• TASK DESCRIPTION
Examine each line of the data. Copy the line if it includes the word "find".

RECORDS FOR THE TASK START

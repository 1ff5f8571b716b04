ghost use Rattle.std.specs.Prelude.{◌≡◌, ◌^◌, ◌≤◌, length, MatchOption, IsTrue, not};
ghost use Rattle.std.specs.Option.{SomeIff};
ghost use Rattle.std.specs.List.{AllPass, prefix_len};
ghost use Rattle.std.specs.Char.{is_ascii_digit};
ghost use Rattle.n1ql_lex.specs.Lexemes.{IsLexemeOf};
ghost use Rattle.n1ql_lex.specs.Numbers.{digits_of, goes_on, has_leading_zero, is_number, value_of};

use crate::lexeme::Lexeme;
use crate::opening::{Opening, is_letter};
use crate::token_kind::TokenKind;

/// The greatest number, which stands only behind a minus sign.
const GREATEST: u64 = 1 << 63;

/// The number of digits at the front.
#[tactic(auto, using(std::proofs::lemmas::List::Sums::prefix_len_is))]
fn digits_len(bytes: &[u8]) -> usize
    ensures { result ≡ prefix_len is_ascii_digit bytes.now }
{
    let mut len = 0;
    while len < bytes.len() && bytes[len].is_ascii_digit() {
        len += 1;
    }
    len
}

/// The number that digits write, `None` past the greatest.
fn value_of(digits: &[u8]) -> Option<u64>
    requires { AllPass is_ascii_digit digits.now }
    ensures { SomeIff result (value_of digits.now ≤ 2 ^ 63) (value_of digits.now) }
{
    let mut value: u64 = 0;
    for digit in digits {
        let more = u64::from(*digit - b'0');
        if value > (GREATEST - more) / 10 {
            return None;
        }
        value = value * 10 + more;
    }
    Some(value)
}

/// Whether digits begin with a 0 that isn't the whole number.
fn has_leading_zero(digits: &[u8]) -> bool
    ensures { result ≡ has_leading_zero digits.now }
{
    match digits.split_first() {
        Some((first, rest)) => *first == b'0' && !rest.is_empty(),
        None => false,
    }
}

/// Whether what follows a number directly may not: a letter, `_`, `$`, or a point and a digit.
fn goes_on(bytes: &[u8]) -> bool
    ensures { result ≡ goes_on bytes.now }
{
    match bytes {
        [] => false,
        [b'.', next, ..] => next.is_ascii_digit(),
        [first, ..] => is_letter(*first) || *first == b'$',
    }
}

/// The number at the front, whose digits are `len`, where it is one.
#[tactic(auto, unfolding(crate::specs::Numbers::is_number))]
fn number_of(bytes: &[u8], len: usize) -> Option<u64>
    requires { len ≡ length (digits_of bytes.now) }
    ensures { SomeIff result (IsTrue (is_number bytes.now)) (value_of (digits_of bytes.now)) }
{
    let (digits, rest) = bytes.split_at(len);
    if has_leading_zero(digits) || goes_on(rest) {
        return None;
    }
    value_of(digits)
}

/// The number at the front.
pub fn number_at(bytes: &[u8]) -> Option<Lexeme>
    ensures { IsLexemeOf Opening.Number bytes.now result }
{
    let len = digits_len(bytes);
    let number = number_of(bytes, len)?;
    Some(Lexeme {
        kind: TokenKind::Num(number),
        len,
    })
}
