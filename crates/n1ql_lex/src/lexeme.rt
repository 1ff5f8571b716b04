use crate::token_kind::TokenKind;

/// A token at the front of a text, and the number of its bytes.
#[derive(Drop)]
pub struct Lexeme {
    pub kind: TokenKind,
    pub len: usize,
}
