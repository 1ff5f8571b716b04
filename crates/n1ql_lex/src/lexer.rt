ghost use Rattle.std.specs.Prelude.{◌≡◌, IfOk, IfErr};
ghost use Rattle.n1ql_lex.specs.Lexemes.{IsFaultOf, IsLexeme};
ghost use Rattle.n1ql_lex.specs.Tokens.{IsTokens};

use crate::lex_fault::LexFault;
use crate::lexeme::Lexeme;
use crate::number::number_at;
use crate::opening::{Opening, is_blank, opening_of};
use crate::quoted_text::{name_at, string_at};
use crate::sign::sign_at;
use crate::token::{Token, Tokens};
use crate::word::word_at;
use n1ql_value::Memory;
use std::alloc::Global;

/// The token at the front of a text.
fn token_at(alloc: Global, text: &str) -> Result<Option<Lexeme>, Memory>
    ensures { IfOk result (IsLexeme text.now) }
{
    let Some(first) = text.as_bytes().first() else {
        return Ok(None);
    };
    match opening_of(*first) {
        Opening::Blank => Ok(None),
        Opening::Word => Ok(Some(word_at(alloc, text)?)),
        Opening::Number => Ok(number_at(text.as_bytes())),
        Opening::String => string_at(alloc, text),
        Opening::Name => name_at(alloc, text),
        Opening::Sign => sign_at(alloc, text),
    }
}

/// The tokens of a text.
///
/// # Errors
///
/// `Fault` exactly where the text has something that is no token, at the byte place where the first such thing begins.
/// `Memory` where memory ran out.
pub fn tokens(alloc: Global, text: &str) -> Result<Tokens, LexFault>
    ensures read { IfOk result (IsTokens text.now) }
    ensures fault { IfErr result (IsFaultOf text.now) }
{
    let mut tokens = Tokens::new(alloc);
    let mut rest = text;
    'scan: while let Some(first) = rest.as_bytes().first() {
        if is_blank(*first) {
            rest = &rest[1..];
            continue;
        }
        let start = text.len() - rest.len();
        let Some(found) = token_at(alloc, rest)? else {
            return Err(LexFault::Fault { at: start });
        };
        rest = &rest[found.len..];
        tokens.push(Token {
            kind: found.kind,
            start,
            end: start + found.len,
        })?;
    }
    Ok(tokens)
}
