//! The tokens of N1QL, each with its place in the text.
#![tactic(auto)]

pub mod laws;
mod lex_fault;
mod lexeme;
mod lexer;
mod number;
mod opening;
mod quoted_part;
mod quoted_text;
mod sign;
mod token;
mod token_kind;
mod word;

pub use lex_fault::LexFault;
pub use lexer::tokens;
pub use token::{Token, Tokens};
pub use token_kind::TokenKind;
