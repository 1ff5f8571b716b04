ghost use Rattle.std.specs.Prelude.{◌≡◌, ◌≤◌, IfOk, length};
ghost use Rattle.n1ql_lex.specs.Lexemes.{IsLexemeOf};
ghost use Rattle.n1ql_lex.specs.Signs.{is_sign, is_sign_of_two, sign_of};

use crate::lexeme::Lexeme;
use crate::opening::Opening;
use crate::token_kind::TokenKind;
use n1ql_value::{Memory, Text};
use std::alloc::Global;

/// Whether a byte is a sign.
fn is_sign(byte: u8) -> bool
    ensures { result ≡ is_sign byte }
{
    b"()[]{},.:+-*%=<>".contains(&byte)
}

/// Whether two bytes are one sign.
fn is_sign_of_two(first: u8, second: u8) -> bool
    ensures { result ≡ is_sign_of_two first second }
{
    match (first, second) {
        (b'=' | b'!' | b'<' | b'>', b'=') => true,
        (b'<', b'>') | (b'|', b'|') => true,
        _ => false,
    }
}

/// The number of bytes of the longest sign at the front, 0 where there is none.
#[tactic(auto, unfolding(crate::specs::Signs::sign_of))]
fn sign_len(bytes: &[u8]) -> usize
    ensures { result ≡ length (sign_of bytes.now) }
{
    match bytes {
        [] => 0,
        [first, second, ..] if is_sign_of_two(*first, *second) => 2,
        [first, ..] => usize::from(is_sign(*first)),
    }
}

/// The sign at the front of a text.
pub fn sign_at(alloc: Global, text: &str) -> Result<Option<Lexeme>, Memory>
    ensures { IfOk result (IsLexemeOf Opening.Sign text.now) }
{
    let len = sign_len(text.as_bytes());
    if len == 0 {
        return Ok(None);
    }
    let kind = TokenKind::Sign(Text::of(alloc, &text[..len])?);
    Ok(Some(Lexeme { kind, len }))
}
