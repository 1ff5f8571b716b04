use crate::token_kind::TokenKind;
use n1ql_value::ListOf;

/// A token and its place: the bytes of the text from `start` to before `end`.
#[derive(Debug, Drop, PartialEq, Eq)]
pub struct Token {
    pub kind: TokenKind,
    pub start: usize,
    pub end: usize,
}

/// Tokens, in the order of their places.
pub type Tokens = ListOf<Token>;
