ghost use Rattle.std.specs.Prelude.{◌≡◌, ◌<◌, IfOk, find, length, map, option_map};
ghost use Rattle.std.specs.List.{prefix_len};
ghost use Rattle.std.specs.Str.{bytes_eq, str_to_ascii_uppercase};
ghost use Rattle.n1ql_lex.specs.Bytes.{is_word_byte};
ghost use Rattle.n1ql_lex.specs.Tokens.{IsTokenOf};
ghost use Rattle.n1ql_lex.specs.Words.{kind_of_word, reserved_word_of};

use crate::lexeme::Lexeme;
use crate::opening::{Opening, is_word_byte};
use crate::token_kind::TokenKind;
use n1ql_value::{Memory, Text};
use std::alloc::Global;

const RESERVED: [&str; 58] = [
    "ALL",
    "AND",
    "ANY",
    "ARRAY",
    "AS",
    "ASC",
    "BETWEEN",
    "BUILD",
    "BY",
    "CASE",
    "CREATE",
    "DELETE",
    "DESC",
    "DISTINCT",
    "DROP",
    "ELSE",
    "END",
    "EVERY",
    "FALSE",
    "FIRST",
    "FOR",
    "FROM",
    "GROUP",
    "GSI",
    "HASH",
    "HAVING",
    "IN",
    "INCLUDE",
    "INDEX",
    "INNER",
    "IS",
    "JOIN",
    "LEFT",
    "LIMIT",
    "MISSING",
    "NOT",
    "NULL",
    "OFFSET",
    "ON",
    "OR",
    "ORDER",
    "PARTITION",
    "PRIMARY",
    "RAW",
    "SATISFIES",
    "SELECT",
    "SET",
    "THEN",
    "TRUE",
    "UNNEST",
    "UNSET",
    "UPDATE",
    "USE",
    "USING",
    "VALUED",
    "WHEN",
    "WHERE",
    "WITH",
];

/// The number of bytes at the front that may stand in a word.
#[tactic(auto, using(std::proofs::lemmas::List::Sums::prefix_len_is))]
fn word_len(bytes: &[u8]) -> usize
    ensures { result ≡ prefix_len is_word_byte bytes.now }
{
    let mut len = 0;
    while len < bytes.len() && is_word_byte(bytes[len]) {
        len += 1;
    }
    len
}

/// Whether a word in capitals is another without regard to case.
fn is_in_capitals(capitals: &[u8], word: &[u8]) -> bool
    ensures { result ≡ bytes_eq capitals.now (str_to_ascii_uppercase word.now) }
{
    if capitals.len() != word.len() {
        return false;
    }
    let mut at = 0;
    while at < word.len() {
        if capitals[at] != word[at].to_ascii_uppercase() {
            return false;
        }
        at += 1;
    }
    true
}

/// The word of a table in capitals that a word is without regard to case.
fn word_among<'a>(table: &[&'a str], word: &[u8]) -> Option<&'a str>
    ensures { option_map (λ found. found.now) result
        ≡ find (λ capitals. bytes_eq capitals (str_to_ascii_uppercase word.now)) (map (λ entry. entry.now) table.now) }
{
    for capitals in table {
        if is_in_capitals(capitals.as_bytes(), word) {
            return Some(*capitals);
        }
    }
    None
}

/// The reserved word that a word is without regard to case, in capitals.
#[tactic(auto, unfolding(crate::specs::Words::reserved_word_of))]
fn reserved_word(word: &[u8]) -> Option<&'static str>
    ensures { option_map (λ reserved. reserved.now) result ≡ reserved_word_of word.now }
{
    word_among(&RESERVED, word)
}

/// The kind of a token that is a word.
fn kind_of_word(alloc: Global, word: &str) -> Result<TokenKind, Memory>
    ensures { IfOk result (λ kind. kind ≡ kind_of_word word.now (reserved_word_of word.now)) }
{
    match reserved_word(word.as_bytes()) {
        Some(reserved) => Ok(TokenKind::Word(Text::of(alloc, reserved)?)),
        None => Ok(TokenKind::Name {
            text: Text::of(alloc, word)?,
            quoted: false,
        }),
    }
}

/// The word at the front of a text.
pub fn word_at(alloc: Global, text: &str) -> Result<Lexeme, Memory>
    ensures { IfOk result (λ found. IsTokenOf Opening.Word text.now found.kind found.len) }
{
    let len = word_len(text.as_bytes());
    let kind = kind_of_word(alloc, &text[..len])?;
    Ok(Lexeme { kind, len })
}
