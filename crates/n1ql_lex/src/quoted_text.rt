ghost use Rattle.std.specs.Prelude.{◌≡◌, ℕ, List, ◌<◌, ◌≤◌, IfOk, IfSome, MatchOption, length, slice_index};
ghost use Rattle.std.specs.List.{prefix_len};
ghost use Rattle.n1ql_lex.specs.Lexemes.{IsLexemeOf};
ghost use Rattle.n1ql_lex.specs.Quoted.{is_plain, IsQuoted};

use crate::lexeme::Lexeme;
use crate::opening::Opening;
use crate::quoted_part::{QuotedPart, is_plain, part_at};
use crate::token_kind::TokenKind;
use n1ql_value::{Memory, Text};
use std::alloc::Global;

/// The text that quoted text stands for, and the number of its bytes after the opening quote.
#[derive(Drop)]
struct QuotedText {
    text: Text,
    len: usize,
}

/// The number of bytes at the front that stand for themselves.
#[tactic(auto, using(std::proofs::lemmas::List::Sums::prefix_len_is))]
fn plain_len(quote: u8, bytes: &[u8]) -> usize
    ensures { result ≡ prefix_len (is_plain quote) bytes.now }
{
    let mut len = 0;
    while len < bytes.len() && is_plain(quote, bytes[len]) {
        len += 1;
    }
    len
}

/// The text behind an opening quote up to the quote that closes it, where there is one.
fn quoted_text(alloc: Global, quote: u8, body: &str) -> Result<Option<QuotedText>, Memory>
    requires { quote < 128 }
    ensures within { IfOk result (λ found. IfSome found (λ quoted. quoted.len ≤ length body.now)) }
    ensures quoted { IfOk result (λ found. MatchOption found
        ((text : List ℕ) (len : ℕ) → IsQuoted quote body.now text len → ⊥)
        (λ quoted. IsQuoted quote body.now quoted.text quoted.len)) }
{
    let mut text = String::new(alloc);
    let mut rest = body;
    loop {
        match part_at(quote, rest.as_bytes()) {
            QuotedPart::End => {
                let text = Text::of(alloc, text.as_str())?;
                let len = body.len() - rest.len() + 1;
                return Ok(Some(QuotedText { text, len }));
            }
            QuotedPart::Plain => {
                let (plain, after) = rest.split_at(plain_len(quote, rest.as_bytes()));
                text.push_str(plain)?;
                rest = after;
            }
            QuotedPart::Stands { character, len } => {
                text.push(character)?;
                rest = &rest[len..];
            }
            QuotedPart::Broken => return Ok(None),
        }
    }
}

/// The string at the front of a text, whose first byte is its quote.
pub fn string_at(alloc: Global, text: &str) -> Result<Option<Lexeme>, Memory>
    requires some { 0 < length text.now }
    requires quote { slice_index text.now 0 < 128 }
    ensures { IfOk result (IsLexemeOf Opening.String text.now) }
{
    let quote = text.as_bytes()[0];
    match quoted_text(alloc, quote, &text[1..])? {
        Some(quoted) => Ok(Some(Lexeme {
            kind: TokenKind::Str(quoted.text),
            len: quoted.len + 1,
        })),
        None => Ok(None),
    }
}

/// The name in backquotes at the front of a text, whose first byte is the backquote.
pub fn name_at(alloc: Global, text: &str) -> Result<Option<Lexeme>, Memory>
    requires some { 0 < length text.now }
    requires quote { slice_index text.now 0 < 128 }
    ensures { IfOk result (IsLexemeOf Opening.Name text.now) }
{
    let quote = text.as_bytes()[0];
    let Some(quoted) = quoted_text(alloc, quote, &text[1..])? else {
        return Ok(None);
    };
    if quoted.text.as_str().is_empty() {
        return Ok(None);
    }
    Ok(Some(Lexeme {
        kind: TokenKind::Name {
            text: quoted.text,
            quoted: true,
        },
        len: quoted.len + 1,
    }))
}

RECORDS FOR THE TASK END

• COMPLETED EXERCISE
ghost use Rattle.std.specs.Prelude.{◌≡◌, ◌<◌, IfOk, find, length, map, option_map};
        ≡ find (λ capitals. bytes_eq capitals (str_to_ascii_uppercase word.now)) (map (λ entry. entry.now) table.now) }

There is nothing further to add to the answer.